Tsika Pasipanodya, an education coordinator from AFSCME headquarters in Washington, and AFSCME New York State Field Director John English explained approaches VMOs should use in their meetings with individual co-workers: VMOS should introduce themselves to co-workers, listen to their concerns, discuss the union's mission, assess their co-worker's support and urge them to take action by signing a green membership card.

DC 37 council reps served as facilitators when the VMOs worked in groups. Reps Madonna Knight and Yesenia Villanueva led role-playing sessions. Garrido and DC 37 Field Operations Director Barbara Edmonds described the worksite organizing efforts and recruitment blitzes scheduled after the conference.

VMOs expressed their enthusiasm about helping strengthen the union internally, increase its membership and build its corps of activists.

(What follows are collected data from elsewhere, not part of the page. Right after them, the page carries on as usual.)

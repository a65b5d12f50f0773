// A prompt is on the screen before its line is read, which no clause over the end of a run can say.
ghost use Rattle.std.specs.Prelude.{◌≡◌, false, None};
ghost use Rattle.apt_base.specs.Bytes.{untold_source};

use crate::running::{shelf, words};
use apt_base::{Failed, Sink, Source};
use resolve_cli::{Status, run_alone};
use std::cell::Cell;
use std::test::Fail;

// A sink that notes whether what was written last is a prompt.
#[derive(Drop)]
struct Screen<'a> {
    is_asking: &'a Cell<bool>,
}

impl Sink for Screen<'_> {
    ghost state = { λ s. record { room = None; faults = 0; written = None } };

    ghost is_state = { λ s. tt };

    fn write(&mut self, piece: &[u8]) -> Result<usize, Failed> {
        self.is_asking.set(piece.ends_with(b"> "));
        Ok(piece.len())
    }
}

// A user who looks at the screen: it says a line where it is asked, and fails where it is not.
#[derive(Drop)]
struct User<'a> {
    is_asked: &'a Cell<bool>,
    faults: u64,
}

impl Source for User<'_> {
    ghost state = { λ s. record { sure = false; faults = s.faults; left = None } };

    ghost is_state = { λ s. untold_source s.faults };

    fn read(&mut self, buf: &mut [u8]) -> Result<usize, Failed> {
        if self.is_asked.get() && buf.len() >= 5 {
            buf[..5].copy_from_slice(b"quit\n");
            Ok(5)
        } else {
            self.faults = self.faults.saturating_add(1);
            Err(Failed)
        }
    }
}

#[test]
fn the_prompt_is_there_before_the_line_is_read(rt: HostRuntime) -> Result<(), Fail> {
    let alloc = rt.alloc();
    let words = words(alloc)?;
    let mut shelf = shelf(alloc)?;
    let is_asking = Cell::new(false);
    let mut out = Screen {
        is_asking: &is_asking,
    };
    let mut input = User {
        is_asked: &is_asking,
        faults: 0,
    };
    let report = run_alone(alloc, words.as_slice(), &mut shelf, &mut input, &mut out);
    assert_eq!(rt; report.status, Status::Ended);
    Ok(())
}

"I know what the union has done, which is to get me out of situations where my rights were being violated," said Erik O'Brien, vice president of American Museum of National History Local 1559.

"Saturday is my day off and I should be riding my bicycle today. But I have to be here. I'm seeing what's happening with Harris v. Quinn and the auto workers' defeat in the Tennessee organizing drive. I am the type of person who, if you see something you don't like, you act."

Fighting back

Human Resources Administration clerical worker Cheryl Barno said, "I came here to get information about what's going on. I am going to let my co-workers know what needs to be done and explain how we need to take a stand because we are under attack."

"I really feel an urgency to building up the union," said Civil Service Technical Guild Local 375 member Liz Eastman, a City Planner Level 2 and financial secretary of the local's chapter at the Dept. of Housing Preservation and Development. "The union movement is going down. I feel a lot of young people and even people in my generation don't understand the importance of unions."

Eleanor Menzies, a Local 768 member and Social Worker Level 3 at Woodhull Hospital, said she attended the conference because she wanted to get more involved.
"I don't want to just talk about things, I want to act," she said, in a statement that perfectly captures the hope of the VMOs' mission.